Evidential data is the focus when establishing proof, often in a Court environment, whereas intelligence is information which is processed in some form into knowledge which is designed for action (UNODC ). In the digital forensic realm there is another major gap relating to the limited use of intelligence gained during digital forensic analysis. Digital forensic intelligence has potentially a large benefit to investigative and other agencies. The current focus of investigations is locating evidence for urgent matters, with little or no time to consider other information which may provide valuable input to current or future investigations. Historically there has been very little discussion of a methodology to utilise the intelligence gained from one digital forensic investigation to assist with other investigations, nor to build a body of knowledge inherent in historical digital forensic cases.
The input of open and closed source intelligence for investigations is anticipated to improve the analysis phase of a digital forensic investigation. For example; information stored on a phone seized for one investigation may provide information to other seemingly unrelated investigations. Without an intelligence or knowledge management process, this information or linkage remains undiscovered. Using knowledge management, intelligence analysis, and data mining methodologies, it is envisioned that a large volume of information could be aggregated into common data holdings, and include the capability for rapid searches to link associated information and assist in investigations, but to enable this, we need a way to collect and process the data in a timely manner, which with the current and increasing volume of data on devices, seems out of reach.
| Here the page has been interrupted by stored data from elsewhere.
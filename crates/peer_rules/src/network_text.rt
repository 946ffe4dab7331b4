//! Networks as text.
ghost use Rattle.std.specs.Prelude.{◌≡◌, MatchOption};
ghost use Rattle.peer_rules.specs.Addresses.{width_of};
ghost use Rattle.peer_rules.specs.NetworkTexts.{HasSlash, ReadsLength, address_part, length_part};

use crate::address::{IPV4_WIDTH, WIDTH};
use crate::network::Network;
use crate::network_fault::NetworkFault;
use std::net::IpAddr;
use std::str::FromStr;

// How many bits an address has.
fn width_of(address: IpAddr) -> u8
    ensures { result ≡ width_of address }
{
    match address {
        IpAddr::V4(_) => IPV4_WIDTH,
        IpAddr::V6(_) => WIDTH,
    }
}

// What stands before the first slash, and what behind it, if there is one.
fn parts_of(text: &str) -> (&str, Option<&str>)
    ensures address { result.0.now ≡ address_part text.now }
    ensures length { MatchOption result.1 (¬ (HasSlash text.now))
        (λ part. HasSlash text.now × (part.now ≡ length_part text.now)) }
{
    match text.split_once('/') {
        Some((address, length)) => (address, Some(length)),
        None => (text, None),
    }
}

// Reads the length of a prefix: decimal digits alone. None if it is no number, or none below 256.
fn read_length(text: &str) -> Option<u8>
    ensures { ReadsLength text.now result }
{
    if text.starts_with('+') {
        return None;
    }
    text.parse::<u8>().ok()
}

impl FromStr for Network {
    type Err = NetworkFault;

    ghost use Rattle.peer_rules.specs.NetworkTexts.{Reads};

    ghost from_str_gives = { Reads };

    /// Reads an address, or an address, a slash and the length of its prefix in decimal digits: the
    /// network of the addresses that begin with so many bits. Behind the prefix all bits of the address
    /// have to be 0. An address alone is a network of one.
    fn from_str(text: &str) -> Result<Network, NetworkFault> {
        let (address, length) = parts_of(text);
        let Ok(address) = address.parse::<IpAddr>() else {
            return Err(NetworkFault::Address);
        };
        let Some(length) = length else {
            return Network::new(address, width_of(address));
        };
        match read_length(length) {
            Some(length) => Network::new(address, length),
            None => Err(NetworkFault::Length),
        }
    }
}
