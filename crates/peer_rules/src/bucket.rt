//! What a peer may send now.
ghost use Rattle.std.specs.Prelude.{◌≡◌};

/// What one record costs, in thousandths of a record.
pub const RECORD_CREDIT: u64 = 1_000;

/// How many milliseconds fill an empty bucket: so many records of one peer pass at once as a rate lets
/// pass in this time.
pub const BURST_MILLIS: u64 = 10_000;

/// What a peer may send, in thousandths of a record, and when it was heard, in milliseconds.
#[derive(Clone, Copy)]
pub(crate) struct Bucket {
    pub(crate) credit: u64,
    pub(crate) heard: u64,
}

impl Bucket {
    ghost use Rattle.peer_rules.specs.Buckets.{bucket_after, credit_at, full_bucket, passing, room_in};

    /// The bucket of a peer that was never heard.
    pub(crate) fn full(per_second: u32) -> Bucket
        ensures { result ≡ full_bucket per_second }
    {
        Bucket {
            credit: BURST_MILLIS * u64::from(per_second),
            heard: 0,
        }
    }

    // What the peer may send at a time. A clock that goes back adds nothing.
    fn credit_at(self, per_second: u32, now: u64) -> u64
        ensures { result ≡ credit_at per_second self now }
    {
        let waited = now.saturating_sub(self.heard);
        let earned = u64::from(per_second).saturating_mul(waited);
        self.credit
            .saturating_add(earned)
            .min(BURST_MILLIS * u64::from(per_second))
    }

    /// How many more records may pass at a time.
    pub(crate) fn room(self, per_second: u32, now: u64) -> u64
        ensures { result ≡ room_in per_second self now }
    {
        self.credit_at(per_second, now) / RECORD_CREDIT
    }

    /// How many of so many records pass at a time, and the bucket afterwards.
    pub(crate) fn take(self, per_second: u32, now: u64, count: u64) -> (u64, Bucket)
        ensures passes { result.0 ≡ passing per_second self now count }
        ensures after { result.1 ≡ bucket_after per_second self now result.0 }
    {
        let credit = self.credit_at(per_second, now);
        let passed = count.min(credit / RECORD_CREDIT);
        let bucket = Bucket {
            credit: credit - RECORD_CREDIT * passed,
            heard: self.heard.max(now),
        };
        (passed, bucket)
    }
}
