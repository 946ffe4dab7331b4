//! Why a network is refused.

use crate::network::Network;
use thiserror::Error;

/// Why a network is refused.
#[derive(Clone, Copy, Debug, PartialEq, Eq, Error)]
pub enum NetworkFault {
    /// The text before the first slash is not an address.
    #[error("not an address")]
    Address,
    /// The text behind the first slash is not a decimal number, or the address has fewer bits.
    #[error("not a prefix length of the address")]
    Length,
    /// The address has bits behind the prefix that are not 0. This network has the address.
    #[error("bits behind the prefix are set; the network is {0}")]
    HostBits(Network),
}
The aim of this book is to outline a framework for digital forensic practitioners to apply data mining and data reduction techniques to digital forensic data to reduce the time to collect data. The focus is to apply data reduction and data mining techniques to a large volume of structured and unstructured data atypical of seized evidential data. Data mining and intelligence analysis techniques are demonstrated with the use of test data and real world (anonymised) data to demonstrate an appropriate methodology which can be applied in real world situations in an effort to address the digital forensic volume data issue.
The use of technology by criminals and/or victims means that data of relevance to an investigation may be located on a variety of devices, or may be virtualised, geographically distributed, or transient. This presents technical and jurisdictional challenges for identification and seizure by law enforcement and national security agencies, which can impede digital forensic investigators and potentially prevent agencies from acquiring digital evidence and forensically analysing digital content in a timely fashion (Taylor et al. ). The increasing volume of data is also impacting on timely location of evidence and intelligence on seized devices.
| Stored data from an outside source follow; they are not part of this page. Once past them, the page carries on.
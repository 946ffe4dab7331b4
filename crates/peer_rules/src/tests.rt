//! Networks by their texts, lists of them, and rates.

use crate::{AllowList, Network, NetworkFault, Rates};
use std::collections::hash_map::RandomState;
use std::net::IpAddr;
use std::process::Abort;
use std::test::Fail;

fn address(text: &str) -> Result<IpAddr, Fail> {
    Ok(text.parse::<IpAddr>()?)
}

// The network of a text has the first address, and lacks the second.
fn expect_between(rt: &impl Abort, text: &str, inside: &str, outside: &str) -> Result<(), Fail> {
    let network = text.parse::<Network>()?;
    assert!(rt; network.contains(address(inside)?), "{inside} in {text}");
    assert!(rt;
        !network.contains(address(outside)?),
        "{outside} not in {text}"
    );
    Ok(())
}

#[test]
fn a_network_has_the_addresses_that_begin_as_it_does(rt: HostRuntime) -> Result<(), Fail> {
    for (text, inside, outside) in [
        ("192.0.2.0/24", "192.0.2.255", "192.0.3.0"),
        ("192.0.2.128/25", "192.0.2.128", "192.0.2.127"),
        ("0.0.0.0/0", "255.255.255.255", "2001:db8::1"),
        ("192.0.2.7", "192.0.2.7", "192.0.2.6"),
        ("192.0.2.0/24", "::ffff:192.0.2.9", "::192.0.2.9"),
        ("::ffff:192.0.2.0/120", "192.0.2.9", "192.0.3.9"),
        ("2001:db8::/32", "2001:db8:ffff::1", "2001:db9::"),
        ("2001:db8::1", "2001:db8::1", "2001:db8::2"),
        ("::/0", "2001:db8::1", "192.0.2.1"),
        ("fe80::/10", "febf::1", "fec0::1"),
    ] {
        expect_between(&rt, text, inside, outside)?;
    }
    Ok(())
}

#[test]
fn a_text_that_is_no_network_is_refused(rt: HostRuntime) -> Result<(), Fail> {
    for text in [
        "",
        "localhost",
        "192.0.2",
        "192.0.2.0.0/24",
        "/24",
        "192.0.2.0 /24",
    ] {
        assert_eq!(rt;
            text.parse::<Network>().err(),
            Some(NetworkFault::Address),
            "{text}"
        );
    }
    for text in [
        "192.0.2.0/",
        "192.0.2.0/33",
        "192.0.2.0/+24",
        "192.0.2.0/24/24",
        "::/129",
        "::/256",
    ] {
        assert_eq!(rt;
            text.parse::<Network>().err(),
            Some(NetworkFault::Length),
            "{text}"
        );
    }
    Ok(())
}

#[test]
fn a_refusal_names_the_network(rt: HostRuntime) -> Result<(), Fail> {
    for (text, told) in [
        ("192.0.2.1/24", "192.0.2.0/24"),
        ("192.0.2.1/0", "0.0.0.0/0"),
        ("2001:db8::1/32", "2001:db8::/32"),
        ("::ffff:192.0.2.1/120", "192.0.2.0/24"),
        ("::ffff:192.0.2.0/90", "::ffc0:0:0/90"),
    ] {
        let fault = text.parse::<Network>().err().ok_or("no fault")?;
        let NetworkFault::HostBits(network) = fault else {
            return Err(Fail::from("another fault"));
        };
        assert_eq!(rt;
            format!(in rt.alloc(); "{network}")?.as_str(),
            told,
            "{text}"
        );
    }
    Ok(())
}

#[test]
fn a_list_allows_its_networks(rt: HostRuntime) -> Result<(), Fail> {
    let mut list = AllowList::new(rt.alloc());
    assert!(rt; list.allows(address("192.0.2.1")?));
    list.add("192.0.2.0/24".parse::<Network>()?)?;
    list.add("2001:db8::/32".parse::<Network>()?)?;
    assert!(rt; list.allows(address("192.0.2.1")?));
    assert!(rt; list.allows(address("2001:db8::1")?));
    assert!(rt; !list.allows(address("198.51.100.1")?));
    Ok(())
}

// Whether one record passes.
fn passes(rates: &mut Rates, peer: IpAddr, now_millis: u64) -> Result<bool, Fail> {
    Ok(rates.take(peer, now_millis, 1)? == 1)
}

#[test]
fn a_peer_sends_a_burst_and_then_at_its_rate(rt: HostRuntime) -> Result<(), Fail> {
    let mut rates = Rates::new(rt.alloc(), RandomState::new(&rt)?, 5)?;
    let peer = address("192.0.2.1")?;
    for _record in 0..50 {
        assert!(rt; passes(&mut rates, peer, 1_000)?);
    }
    assert!(rt; !passes(&mut rates, peer, 1_000)?);
    assert!(rt; !passes(&mut rates, peer, 0)?, "a clock that goes back");
    assert!(rt; !passes(&mut rates, peer, 1_199)?);
    assert!(rt; passes(&mut rates, address("::ffff:192.0.2.1")?, 1_200)?);
    assert!(rt; !passes(&mut rates, peer, 1_200)?);
    assert!(rt; passes(&mut rates, address("192.0.2.2")?, 1_200)?);
    Ok(())
}

#[test]
fn as_many_records_pass_as_there_is_room_for(rt: HostRuntime) -> Result<(), Fail> {
    let mut rates = Rates::new(rt.alloc(), RandomState::new(&rt)?, 3)?;
    let peer = address("192.0.2.1")?;
    assert_eq!(rt; rates.room(peer, 7), 30);
    assert_eq!(rt; rates.take(peer, 7, 28)?, 28);
    assert_eq!(rt; rates.room(peer, 7), 2);
    assert_eq!(rt; rates.take(peer, 7, 5)?, 2);
    assert_eq!(rt; rates.take(peer, 1_006, 5)?, 2, "in 999 milliseconds");
    assert_eq!(rt; rates.take(peer, 1_007, 5)?, 1);
    assert_eq!(rt; rates.room(peer, 3_600_000), 30, "no more than a burst");
    assert_eq!(rt; rates.room(address("192.0.2.2")?, 1_007), 30);
    Ok(())
}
The motivation for conducting research into the growing volume of digital forensic data can be summarised as follows; Electronic devices and storage media, including cloud storage and Internet of Things devices, is increasingly being used by consumers, businesses, and government users to store growing amounts of data, which can be accessed with portable devices, computers, or mobile phones. Criminals are embracing the growth in technology for communication opportunities and the method by which crime is now enabled by technology, such as storing illicit data on portable devices or in cloud file hosting services. Investigations can stall if identification and preservation of potential evidence is not able to be undertaken, or this is not able to be done in a timely manner.